- **DATA FOR THIS TASK**:
══════════════════════════════

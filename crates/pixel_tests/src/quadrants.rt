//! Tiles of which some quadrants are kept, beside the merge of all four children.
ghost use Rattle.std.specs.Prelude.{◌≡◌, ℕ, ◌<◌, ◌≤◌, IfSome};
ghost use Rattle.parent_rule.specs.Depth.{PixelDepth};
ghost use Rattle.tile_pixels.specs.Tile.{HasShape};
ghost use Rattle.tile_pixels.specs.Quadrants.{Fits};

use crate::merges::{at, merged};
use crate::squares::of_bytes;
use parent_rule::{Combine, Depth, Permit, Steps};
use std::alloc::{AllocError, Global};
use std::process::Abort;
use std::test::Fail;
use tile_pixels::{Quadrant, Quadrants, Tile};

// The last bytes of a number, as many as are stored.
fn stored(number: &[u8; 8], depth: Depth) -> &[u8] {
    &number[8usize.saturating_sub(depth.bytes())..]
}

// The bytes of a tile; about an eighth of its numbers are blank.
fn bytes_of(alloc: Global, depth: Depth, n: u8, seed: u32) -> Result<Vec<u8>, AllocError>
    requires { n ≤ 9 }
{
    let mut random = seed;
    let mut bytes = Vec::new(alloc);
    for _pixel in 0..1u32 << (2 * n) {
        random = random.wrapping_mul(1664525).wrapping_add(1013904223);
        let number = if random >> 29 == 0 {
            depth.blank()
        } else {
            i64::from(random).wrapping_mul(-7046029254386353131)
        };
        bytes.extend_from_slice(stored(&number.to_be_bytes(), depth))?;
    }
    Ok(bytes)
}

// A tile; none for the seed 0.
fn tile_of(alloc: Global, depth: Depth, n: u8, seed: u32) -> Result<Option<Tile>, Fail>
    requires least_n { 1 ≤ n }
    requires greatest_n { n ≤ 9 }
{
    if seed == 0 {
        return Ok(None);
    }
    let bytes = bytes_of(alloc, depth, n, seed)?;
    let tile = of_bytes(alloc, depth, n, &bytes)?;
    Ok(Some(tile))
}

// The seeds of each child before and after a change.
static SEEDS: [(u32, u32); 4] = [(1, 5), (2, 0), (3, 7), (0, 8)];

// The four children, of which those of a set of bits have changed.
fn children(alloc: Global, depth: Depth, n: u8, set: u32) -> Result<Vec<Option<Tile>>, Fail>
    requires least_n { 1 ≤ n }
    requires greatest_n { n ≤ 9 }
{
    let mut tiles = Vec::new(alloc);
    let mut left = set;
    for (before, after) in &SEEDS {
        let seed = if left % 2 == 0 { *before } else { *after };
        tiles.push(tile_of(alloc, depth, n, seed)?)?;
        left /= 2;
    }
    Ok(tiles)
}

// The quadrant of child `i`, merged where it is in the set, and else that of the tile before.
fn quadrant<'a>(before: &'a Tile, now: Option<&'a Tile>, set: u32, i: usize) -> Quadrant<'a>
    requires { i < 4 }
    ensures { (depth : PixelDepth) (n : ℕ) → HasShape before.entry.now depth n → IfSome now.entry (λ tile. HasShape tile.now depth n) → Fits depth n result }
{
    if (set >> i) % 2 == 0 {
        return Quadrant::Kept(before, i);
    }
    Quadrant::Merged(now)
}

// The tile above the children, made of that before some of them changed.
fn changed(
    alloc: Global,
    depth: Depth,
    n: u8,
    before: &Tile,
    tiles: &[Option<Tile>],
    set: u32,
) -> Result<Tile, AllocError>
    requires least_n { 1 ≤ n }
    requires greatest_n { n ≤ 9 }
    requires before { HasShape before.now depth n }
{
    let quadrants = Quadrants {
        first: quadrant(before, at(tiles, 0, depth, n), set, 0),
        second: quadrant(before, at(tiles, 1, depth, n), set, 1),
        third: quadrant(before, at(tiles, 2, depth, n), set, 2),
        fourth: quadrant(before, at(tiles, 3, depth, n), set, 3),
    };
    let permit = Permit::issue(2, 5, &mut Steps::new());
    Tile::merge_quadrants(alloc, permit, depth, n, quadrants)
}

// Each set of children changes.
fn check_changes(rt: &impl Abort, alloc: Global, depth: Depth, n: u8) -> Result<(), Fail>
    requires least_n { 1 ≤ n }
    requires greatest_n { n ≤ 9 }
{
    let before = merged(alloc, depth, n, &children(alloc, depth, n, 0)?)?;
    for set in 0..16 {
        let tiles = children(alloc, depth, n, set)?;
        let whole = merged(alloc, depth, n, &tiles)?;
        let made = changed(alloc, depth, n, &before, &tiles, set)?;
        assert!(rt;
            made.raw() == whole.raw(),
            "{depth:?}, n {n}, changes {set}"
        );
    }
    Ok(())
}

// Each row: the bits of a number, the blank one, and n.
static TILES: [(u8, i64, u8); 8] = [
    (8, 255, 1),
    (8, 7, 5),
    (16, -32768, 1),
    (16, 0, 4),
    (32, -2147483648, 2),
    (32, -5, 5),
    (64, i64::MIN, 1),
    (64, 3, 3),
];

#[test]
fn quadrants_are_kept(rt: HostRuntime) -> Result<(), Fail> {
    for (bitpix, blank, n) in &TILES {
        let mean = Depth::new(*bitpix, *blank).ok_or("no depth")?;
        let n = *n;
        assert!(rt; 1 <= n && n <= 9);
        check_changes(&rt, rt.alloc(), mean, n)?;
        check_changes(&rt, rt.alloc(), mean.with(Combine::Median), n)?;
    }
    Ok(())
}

══════════════════════════════

- **TASK REQUIREMENTS**: Please give back exactly the lines of the listing above that run from the one containing "use crate::squares::of_bytes;" through the one containing "the tile before.", and only those.

- **OUTPUT OF THE TASK**:
use crate::squares::of_bytes;
use parent_rule::{Combine, Depth, Permit, Steps};
use std::alloc::{AllocError, Global};
use std::process::Abort;
use std::test::Fail;
use tile_pixels::{Quadrant, Quadrants, Tile};

// The last bytes of a number, as many as are stored.
fn stored(number: &[u8; 8], depth: Depth) -> &[u8] {
    &number[8usize.saturating_sub(depth.bytes())..]
}

// The bytes of a tile; about an eighth of its numbers are blank.
fn bytes_of(alloc: Global, depth: Depth, n: u8, seed: u32) -> Result<Vec<u8>, AllocError>
    requires { n ≤ 9 }
{
    let mut random = seed;
    let mut bytes = Vec::new(alloc);
    for _pixel in 0..1u32 << (2 * n) {
        random = random.wrapping_mul(1664525).wrapping_add(1013904223);
        let number = if random >> 29 == 0 {
            depth.blank()
        } else {
            i64::from(random).wrapping_mul(-7046029254386353131)
        };
        bytes.extend_from_slice(stored(&number.to_be_bytes(), depth))?;
    }
    Ok(bytes)
}

// A tile; none for the seed 0.
fn tile_of(alloc: Global, depth: Depth, n: u8, seed: u32) -> Result<Option<Tile>, Fail>
    requires least_n { 1 ≤ n }
    requires greatest_n { n ≤ 9 }
{
    if seed == 0 {
        return Ok(None);
    }
    let bytes = bytes_of(alloc, depth, n, seed)?;
    let tile = of_bytes(alloc, depth, n, &bytes)?;
    Ok(Some(tile))
}

// The seeds of each child before and after a change.
static SEEDS: [(u32, u32); 4] = [(1, 5), (2, 0), (3, 7), (0, 8)];

// The four children, of which those of a set of bits have changed.
fn children(alloc: Global, depth: Depth, n: u8, set: u32) -> Result<Vec<Option<Tile>>, Fail>
    requires least_n { 1 ≤ n }
    requires greatest_n { n ≤ 9 }
{
    let mut tiles = Vec::new(alloc);
    let mut left = set;
    for (before, after) in &SEEDS {
        let seed = if left % 2 == 0 { *before } else { *after };
        tiles.push(tile_of(alloc, depth, n, seed)?)?;
        left /= 2;
    }
    Ok(tiles)
}

// The quadrant of child `i`, merged where it is in the set, and else that of the tile before.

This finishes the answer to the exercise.